Film streaming 20/05/2014 12:48

L'avantage de Bay, c'est que son film colle parfaitement à sa mise en scène parfois ampoulé, toujours aussi lourde, mais justifié par son histoire.

Film streaming gratuit 10/05/2014 00:51

Une critique qui donne envie !

voracinephile 12/05/2014 19:42



De la part de Michael Bay, qui l'eut cru ?



borat8 08/11/2013 23:48

Tu me diras tu n'es pas le premier à faire cette erreur. Perso je ne l'ai jamais fait mais cela reste une erreur qui revient souvent. Bon tu me diras tu ne pourras pas faire pire que LCI avec "Yann
Moax (et de une!) loréat (et de deux!) du prix Renaudeau (et de trois!)"

borat8 07/11/2013 23:57

Je ne suis pas fan des Coen (sans le h James sinon tu parles de réalisateurs frontaliers .)) mais c'est vrai que par le côté frappadingue et débile de certains personnages de ce film, cela peut
prêter à confusion. Je pense notamment à Steve Buscemi et Peter Stormare dans Fargo, Jeff Bridges et John Goodman dans The Big Lebowski ou le trio Clooney-Turturo-Nelson dans O'Brother.

voracinephile 08/11/2013 21:29



Damned ! Faute impardonnable !



Kapalsky 06/11/2013 20:15

Comme je l'ai lu sur un site américain, le film n'est pas la rédemption de Bay, mais assurément quelque chose de différent.

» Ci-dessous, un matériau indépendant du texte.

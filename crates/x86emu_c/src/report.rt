//! The report of a run as C sees it.

ghost use Rattle.std.specs.Prelude.{◌≡◌, length};
ghost use Rattle.xe_ctx.specs.declared.report.Outcome.{Outcome};
ghost use Rattle.x86emu_c.specs.Told.{ToldEnd, Told, event_number, handoff_number, handoff_value};

use crate::access::X86emuAccess;
use xe_base::{Access, Fault};
use xe_ctx::{EventKind, Handoff, Outcome, Report};
use xe_icpt::Exit;

/// No run: what the report of a wrong call says.
const NONE: u32 = 0;

const DONE: u32 = 1;

const PENDING: u32 = 2;

const FAULT: u32 = 3;

const EXIT: u32 = 4;

const EVENT: u32 = 5;

const HANDOFF: u32 = 6;

const UNHANDLED: u32 = 7;

const BUS_FAULT: u32 = 8;

const DIVERGED: u32 = 9;

/// `x86emu_report`.
#[repr(C)]
#[derive(Clone, Copy)]
pub struct X86emuReport {
    pub end: u32,
    pub elements: u32,
    pub accesses: u32,
    pub kind: u32,
    pub code: u32,
    pub at: u16,
    pub vector: u8,
    pub retire: u8,
    pub more: bool,
    pub has_code: bool,
    pub has_cr2: bool,
    pub has_wanted: bool,
    pub value: u64,
    pub info1: u64,
    pub info2: u64,
    pub access: X86emuAccess,
    pub wanted: X86emuAccess,
}

/// The number of an event.
fn event_number(kind: EventKind) -> u32
    ensures { result ≡ event_number kind }
{
    match kind {
        EventKind::Int => 0,
        EventKind::Int3 => 1,
        EventKind::Into => 2,
    }
}

/// The number of a hand-off.
fn handoff_number(handoff: Handoff) -> u32
    ensures { result ≡ handoff_number handoff }
{
    match handoff {
        Handoff::CallGate(_) => 0,
        Handoff::TaskGate(_) => 1,
        Handoff::Tss(_) => 2,
        Handoff::TaskReturn => 3,
        Handoff::Vm86(_) => 4,
        Handoff::Entry(_) => 5,
        Handoff::Fetch(_) => 6,
    }
}

/// The selector or the address of a hand-off; 0 where it has none.
fn handoff_value(handoff: Handoff) -> u64
    ensures { result ≡ handoff_value handoff }
{
    match handoff {
        Handoff::CallGate(sel) | Handoff::TaskGate(sel) | Handoff::Tss(sel) | Handoff::Vm86(sel) =>
            u64::from(sel),
        Handoff::TaskReturn => 0,
        Handoff::Entry(pa) | Handoff::Fetch(pa) => pa,
    }
}

impl X86emuReport {
    /// A report of no run.
    pub(crate) fn none() -> X86emuReport
        ensures { result.end ≡ 0 }
    {
        X86emuReport {
            end: NONE,
            elements: 0,
            accesses: 0,
            kind: 0,
            code: 0,
            at: 0,
            vector: 0,
            retire: 0,
            more: false,
            has_code: false,
            has_cr2: false,
            has_wanted: false,
            value: 0,
            info1: 0,
            info2: 0,
            access: X86emuAccess::none(),
            wanted: X86emuAccess::none(),
        }
    }

    /// Tells an exception.
    #[inline(always)]
    fn tell_fault(&mut self, fault: Fault)
        ensures { ToldEnd (Outcome.Fault fault) self.new }
    {
        self.end = FAULT;
        self.vector = fault.vector;
        match fault.code {
            Some(code) => {
                self.has_code = true;
                self.code = code;
            }
            None => self.has_code = false,
        }
        match fault.cr2 {
            Some(cr2) => {
                self.has_cr2 = true;
                self.value = cr2;
            }
            None => self.has_cr2 = false,
        }
    }

    /// Tells an exit.
    #[inline(always)]
    fn tell_exit(&mut self, exit: Exit)
        ensures { ToldEnd (Outcome.Intercept exit) self.new }
    {
        self.end = EXIT;
        self.code = exit.code;
        self.info1 = exit.info1;
        self.info2 = exit.info2;
    }

    /// Tells that the record belongs to another step. It comes seldom, and in line it would take
    /// registers that each run had to save.
    #[cold]
    #[inline(never)]
    fn tell_divergence(&mut self, at: u16, kept: Access, wanted: Option<Access>)
        ensures { ToldEnd (Outcome.Diverged at kept wanted) self.new }
    {
        self.end = DIVERGED;
        self.at = at;
        self.access = X86emuAccess::of(kept);
        match wanted {
            Some(wanted) => {
                self.has_wanted = true;
                self.wanted = X86emuAccess::of(wanted);
            }
            None => self.has_wanted = false,
        }
    }

    /// Tells how a run ended.
    #[inline(always)]
    fn tell_end(&mut self, outcome: &Outcome)
        ensures { ToldEnd outcome.now self.new }
    {
        match *outcome {
            Outcome::Done { more, retire } => {
                self.end = DONE;
                self.more = more;
                self.retire = retire;
            }
            Outcome::Pending(a) => {
                self.end = PENDING;
                self.access = X86emuAccess::of(a);
            }
            Outcome::Fault(fault) => self.tell_fault(fault),
            Outcome::Intercept(exit) => self.tell_exit(exit),
            Outcome::Event { kind, vector, next } => {
                self.end = EVENT;
                self.kind = event_number(kind);
                self.vector = vector;
                self.value = next;
            }
            Outcome::Handoff(handoff) => {
                self.end = HANDOFF;
                self.kind = handoff_number(handoff);
                self.value = handoff_value(handoff);
            }
            Outcome::Unhandled => self.end = UNHANDLED,
            Outcome::BusFault(a) => {
                self.end = BUS_FAULT;
                self.access = X86emuAccess::of(a);
            }
            Outcome::Diverged { at, kept, wanted } => self.tell_divergence(at, kept, wanted),
        }
    }

    /// Tells a run. What its end doesn't have stays as it was, since to clear it at each run would
    /// cost more than to tell the end.
    #[inline(always)]
    pub(crate) fn tell(&mut self, report: &Report)
        ensures { Told report.now self.new }
    {
        self.tell_end(&report.outcome);
        self.elements = report.elements;
        self.accesses = report.accesses.len() as u32;
    }
}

Maintenant je me demande depuis le premier Transformers si Bay n'essaie pas de concurrencer les Frères Coen? Il leur pique deux de ses acteurs fétiches, John Turturro et Frances McDormand, et
maintenant il prend un sujet que les frangins auraient très bien pu exploiter. Je sais pas, je sens la conspiration... :D

voracinephile 07/11/2013 21:56



Oh, voilà une théorie intéressante Kapalsky ! Bay qui se prendrait pour les frères Cohen, voilà qui ferait tiquer plus d'un cinéphile. Malheureusement pour Bay, ses transformers ne sont pas assez
humour noir pour être vu dans le même angle que No pain no gain... (même si je suis moins agressif à son sujet depuis quelques temps)... Peut être que Transformers 4 fera dans la satire sociale
pour rénover le registre...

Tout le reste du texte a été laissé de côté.